How Urgent Care Bridges the Continuum


Local urgent care

A great deal of the focus in many medical systems and practices is the term “continuum of care.” In some fields, mental health for instance, that means having a tiered system by which patients can receive the treatment level that they need. Hospitals, partial hospitalization programs, therapists and doctors, can provide that continuum of care.

In a broader sense, continuum of care applies to the whole healthcare system, where the two most used routes have long been the personal physician and the hospital. Unfortunately, this poses many problems. A physician takes time and an appointment to see, which makes urgent healthcare needs difficult. A hospital takes on severe cases and may discharge individuals based on that severity.

According to the Centers for Disease Control and Prevention, 48% of all adult ER patients who were not sick enough to be admitted to the hospital sought treatment at the ER because their physicians’ offices were closed.

Fortunately, a less well known option that some say is effective has developed within the last few years. These urgent care centers have taken the place of the middle of the continuum. Most are open late–much later than a typical physician’s office. These late hours (91% are open until 7pm on weeknights and 40% are open until 9pm) allow patients who have urgent medical needs to seek help.

They also have some of the same treatments as hospitals. Four out of five urgent care centers provide fracture care and 70% of urgent care centers can provide IV fluids if needed. The owner of urgent care centers may surprise you: 50% are owned by a physician or a group of physicians.

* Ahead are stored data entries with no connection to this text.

//! The state after some lines of a schedule, and what the next line means there.

ghost use Rattle.std.specs.Prelude.{◌≡◌, ◌+◌, ◌<◌, ◌≤◌, ◌^◌, ◌==◌, ◌&&◌, ◌∷◌, ◌++◌, ℕ, IfOk, IsTrue, List, [], OnOk, Some, filter, is_some, length, map, min, nat_lt, not, option_map};
ghost use Rattle.topology.specs.declared.schedule.Step.TheVariants as step;
ghost use Rattle.schedule_text.specs.declared.fault.StepWhy.TheVariants.{TooLarge, UnknownTopic};
ghost use Rattle.schedule_text.specs.Forms.{form_view, named, pair_view};
ghost use Rattle.schedule_text.specs.Refusals.{form_refusal, is_live, most_bytes, most_rounds, most_steps, refusal_of, refused_if, start_refusal};
ghost use Rattle.schedule_text.specs.Standing.{Answers, first, setting_view, standing_after, task_in};
ghost use Rattle.schedule_text.specs.Steps.{counts_of, live_after_one, rounds_of, step_of, step_of_line, topic_number, with_worker, without_worker};

use crate::fault::{LineFault, StepWhy};
use crate::forms::{Form, Pair, form_of_line};
use crate::lines::is_skipped;
use crate::words::{decimal, is_text};
use ksql_program::Item;
use ksql_types::{Items, TaskName};
use std::alloc::{AllocError, Global};
use topology::{Count, Counts, Step, Sub};

/// The most bytes of a schedule.
const MOST_BYTES: usize = 1_048_576;

/// The most steps of a schedule.
const MOST_STEPS: u32 = 10_000;

/// The most rounds of a schedule.
const MOST_ROUNDS: u64 = 100_000;

/// The most live workers.
const MOST_WORKERS: usize = 32;

/// What a schedule is read for: relations, sub-topologies and their chain, and the size of the text.
#[derive(Clone, Copy)]
pub(crate) struct Setting<'a> {
    pub(crate) items: &'a [Item],
    pub(crate) subs: &'a [Sub],
    pub(crate) chain: u32,
    pub(crate) size: usize,
}

/// The state after some lines: the numbers of lines and bytes, line feeds included, of steps and of rounds, and the
/// live workers in ascending order.
#[derive(Drop)]
pub(crate) struct Standing {
    pub(crate) lines: u32,
    pub(crate) bytes: usize,
    pub(crate) steps: u32,
    pub(crate) rounds: u64,
    pub(crate) live: Items<u32>,
}

impl Standing {
    /// The state before the first line: the workers 1 to `workers` are live.
    pub(crate) fn first(alloc: Global, workers: u32) -> Result<Standing, AllocError>
        ensures { IfOk result (λ s. s ≡ first workers) }
    {
        let mut live = Vec::new(alloc);
        for before in 0..workers {
            live.push(before + 1)?;
        }
        Ok(Standing {
            lines: 0,
            bytes: 0,
            steps: 0,
            rounds: 0,
            live: Items::of(live),
        })
    }

    /// Reads one more line: its step, or None if it is skipped; or why it is refused after the lines before.
    pub(crate) fn read_line(
        &mut self,
        alloc: Global,
        setting: &Setting,
        line: &[u8],
    ) -> Result<Option<Step>, LineFault>
        requires lines { self.old.lines + 1 < 2 ^ 32 }
        requires bytes { self.old.bytes + (length line.now + 1) < 2 ^ 64 }
        requires rounds { self.old.rounds ≤ most_rounds }
        ensures read { (workers : ℕ) (before : List (List ℕ)) → self.old ≡ standing_after (setting_view setting.now) workers before
            → Answers (λ step. step) result (refusal_of (setting_view setting.now) workers before line.now) (step_of_line setting.now.items.now line.now) }
        ensures stands { (workers : ℕ) (before : List (List ℕ)) → self.old ≡ standing_after (setting_view setting.now) workers before
            → OnOk result (self.new ≡ standing_after (setting_view setting.now) workers (before ++ line.now ∷ [])) }
        ensures lines { self.new.lines ≡ self.old.lines + 1 }
        ensures bytes { self.new.bytes ≡ self.old.bytes + (length line.now + 1) }
        ensures short { OnOk result (min self.new.bytes setting.now.size ≤ most_bytes) }
        ensures rounds { OnOk result (self.new.rounds ≤ most_rounds) }
    {
        self.lines += 1;
        self.bytes += line.len() + 1;
        if self.bytes.min(setting.size) > MOST_BYTES {
            return Err(LineFault::Refused(StepWhy::TooLarge));
        }
        if is_skipped(line) {
            return Ok(None);
        }
        if self.steps >= MOST_STEPS {
            return Err(LineFault::Refused(StepWhy::TooLarge));
        }
        let Some(form) = form_of_line(alloc, line)? else {
            return Err(LineFault::Refused(StepWhy::BadStep));
        };
        let step = step_of(alloc, setting, self.live.items(), form)?;
        self.take(alloc, setting.chain, &step)?;
        Ok(Some(step))
    }

    /// Takes a step, unless there would be too many rounds.
    fn take(&mut self, alloc: Global, chain: u32, step: &Step) -> Result<(), LineFault>
        requires steps { self.old.steps < most_steps }
        requires rounds { self.old.rounds ≤ most_rounds }
        ensures answer { Answers (λ _. step.now) result (refused_if (nat_lt most_rounds (self.old.rounds + rounds_of chain step.now)) TooLarge) step.now }
        ensures steps { OnOk result (self.new.steps ≡ self.old.steps + 1) }
        ensures taken { OnOk result (self.new.rounds ≡ self.old.rounds + rounds_of chain step.now) }
        ensures live { OnOk result (self.new.live ≡ live_after_one self.old.live step.now) }
        ensures lines { self.new.lines ≡ self.old.lines }
        ensures bytes { self.new.bytes ≡ self.old.bytes }
        ensures rounds { OnOk result (self.new.rounds ≤ most_rounds) }
    {
        let rounds = self.rounds + rounds_of(chain, step);
        if rounds > MOST_ROUNDS {
            return Err(LineFault::Refused(StepWhy::TooLarge));
        }
        move_workers(alloc, &mut self.live, step)?;
        self.steps += 1;
        self.rounds = rounds;
        Ok(())
    }
}

/// The number of rounds of a step, given the length of the topology's chain.
fn rounds_of(chain: u32, step: &Step) -> u64
    ensures value { result ≡ rounds_of chain step.now }
    ensures small { result < 2 ^ 32 }
{
    match step {
        Step::Round { .. } => 1,
        Step::Drain => u64::from(chain),
        _ => 0,
    }
}

/// Changes the live workers as a step does.
fn move_workers(alloc: Global, live: &mut Items<u32>, step: &Step) -> Result<(), AllocError>
    ensures { OnOk result (live.new ≡ live_after_one live.old step.now) }
{
    match step {
        Step::Round {
            lost: Some(lost),
            ..
        } => *live = without_worker(alloc, live.items(), *lost)?,
        Step::Start(worker) => *live = with_worker(alloc, live.items(), *worker)?,
        Step::Stop(worker) => *live = without_worker(alloc, live.items(), *worker)?,
        _ => {}
    }
    Ok(())
}

/// The live workers and one more.
fn with_worker(alloc: Global, live: &[u32], worker: u32) -> Result<Items<u32>, AllocError>
    ensures { IfOk result (λ more. more ≡ with_worker worker live.now) }
{
    let mut more = lower(alloc, live, worker)?;
    more.push(worker)?;
    more.append(&mut higher(alloc, live, worker)?)?;
    Ok(Items::of(more))
}

/// The live workers without one.
fn without_worker(alloc: Global, live: &[u32], worker: u32) -> Result<Items<u32>, AllocError>
    ensures { IfOk result (λ others. others ≡ without_worker worker live.now) }
{
    let mut others = lower(alloc, live, worker)?;
    others.append(&mut higher(alloc, live, worker)?)?;
    Ok(Items::of(others))
}

/// The workers with lower numbers.
fn lower(alloc: Global, live: &[u32], worker: u32) -> Result<Vec<u32>, AllocError>
    ensures { IfOk result (λ some. some.items ≡ filter (λ w. nat_lt w worker) live.now) }
{
    live.iter().copied().filter(|w| *w < worker).collect(alloc)
}

/// The workers with higher numbers.
fn higher(alloc: Global, live: &[u32], worker: u32) -> Result<Vec<u32>, AllocError>
    ensures { IfOk result (λ some. some.items ≡ filter (λ w. nat_lt worker w) live.now) }
{
    live.iter().copied().filter(|w| worker < *w).collect(alloc)
}

/// The step of a form, given the live workers, or why there is none.
fn step_of(alloc: Global, setting: &Setting, live: &[u32], form: Form) -> Result<Step, LineFault>
    ensures { Answers Some result (form_refusal (setting_view setting.now) live.now (Some (form_view form.entry))) (step_of setting.now.items.now (form_view form.entry)) }
{
    match form {
        Form::FeedAll => Ok(Step::FeedAll),
        Form::Feed(pairs) => feed_of(counts_of(alloc, setting.items, pairs.as_slice())?),
        Form::Round(None) => Ok(Step::Round {
            lost: None,
            stalled: None,
        }),
        Form::Round(Some(worker)) if is_live(live, worker) => Ok(Step::Round {
            lost: Some(worker),
            stalled: None,
        }),
        Form::Round(Some(_)) => Err(LineFault::Refused(StepWhy::UnknownWorker)),
        Form::Start(worker) => start(live, worker),
        Form::Stop(worker) if is_live(live, worker) => Ok(Step::Stop(worker)),
        Form::Stop(_) => Err(LineFault::Refused(StepWhy::UnknownWorker)),
        Form::Lose { sub, part } => match task_of(setting.subs, sub, part) {
            Some(task) => Ok(Step::Lose(task)),
            None => Err(LineFault::Refused(StepWhy::UnknownTask)),
        },
        Form::Drain if live.is_empty() => Err(LineFault::Refused(StepWhy::NoWorker)),
        Form::Drain => Ok(Step::Drain),
    }
}

/// A feed with these counts, or an error if they are None because a topic is unknown.
fn feed_of(counts: Option<Counts>) -> Result<Step, LineFault>
    ensures { Answers Some result (refused_if (not (is_some counts)) UnknownTopic) (option_map step.Feed counts) }
{
    match counts {
        Some(counts) => Ok(Step::Feed(counts)),
        None => Err(LineFault::Refused(StepWhy::UnknownTopic)),
    }
}

/// The step that starts a worker that isn't live, unless as many workers are live as allowed.
fn start(live: &[u32], worker: u32) -> Result<Step, LineFault>
    ensures { Answers (λ step. step) result (start_refusal live.now worker) (step.Start worker) }
{
    if is_live(live, worker) {
        return Err(LineFault::Refused(StepWhy::WorkerTaken));
    }
    if live.len() >= MOST_WORKERS {
        return Err(LineFault::Refused(StepWhy::TooLarge));
    }
    Ok(Step::Start(worker))
}

/// Whether a worker is live.
fn is_live(live: &[u32], worker: u32) -> bool
    ensures { result ≡ is_live live.now worker }
{
    live.contains(&worker)
}

/// The counts of a feed by topic number, or None if a topic is unknown.
fn counts_of(alloc: Global, items: &[Item], pairs: &[Pair]) -> Result<Option<Counts>, AllocError>
    ensures { IfOk result (λ counts. counts ≡ counts_of items.now (map pair_view pairs.now)) }
{
    let mut counts = Vec::new(alloc);
    for pair in pairs {
        let Some(topic) = topic_number(items, pair.topic) else {
            return Ok(None);
        };
        counts.push(Count { topic, n: pair.n })?;
    }
    Ok(Some(Items::of(counts)))
}

/// The number of the declared relation with a topic.
fn topic_number(items: &[Item], topic: &[u8]) -> Option<u32>
    ensures { result ≡ topic_number items.now topic.now }
{
    for item in items {
        if let Item::Declared(relation) = item {
            if is_text(topic, relation.topic.items()) {
                return Some(relation.number);
            }
        }
    }
    None
}

/// The task with these digits, if the topology has it.
fn task_of(subs: &[Sub], sub: &[u8], part: &[u8]) -> Option<TaskName>
    ensures { result ≡ task_in subs.now (named sub.now part.now) }
{
    let number = decimal(sub);
    let partition = decimal(part);
    for other in subs {
        if has_task(other, number, partition) {
            return Some(TaskName {
                sub: other.number,
                part: partition as u32,
            });
        }
    }
    None
}

/// Whether a sub-topology has this number and a task for this partition. Numbers above the greatest one may be given as
/// that.
fn has_task(other: &Sub, number: u64, partition: u64) -> bool
    ensures test { (sub part : ℕ) → number ≡ min sub u64.MAX → partition ≡ min part u64.MAX
        → result ≡ ((other.now.number == sub) && nat_lt part other.now.partitions) }
    ensures small { IsTrue result → partition < 2 ^ 32 }
{
    u64::from(other.number) == number && partition < u64::from(other.partitions)
}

Medical urgent care is important. Medical urgent care enables you to receive care on demand when your physician’s office is closed. Medical urgent care from urgent care centers can also lighten the load for emergency rooms and hospitals.

The effectiveness of these urgent care centers is easy to see through statistics:

  • One in five urgent care centers see more than 450 patients per week.
  • 60% of urgent care centers have a wait time of 15 minutes or less.
  • 65% have a physician on-site at all times.
  • According to a survey, 57% of patients wait 15 minutes or less, with 80% waiting less than 60 minutes.

Most urgent care centers are also technologically savvy. 40% use electronic prescription ordering systems, with larger proportions using computerized systems for viewing lab and imaging results, collecting patient demographics, and other components of a healthcare system such as billing, coding, and clinical notes.

When you’re considering what level of care to use, think about asking the following questions:

  • How urgent is my need (immediate, days, weeks)?
  • How serious is my need (mild, moderate, severe)?

When you know the answer to those questions, know that urgent care centers can be more cost-effective than hospitals, with a service for ailments that need medical urgent care but are less severe than those cases that gain hospital admittance.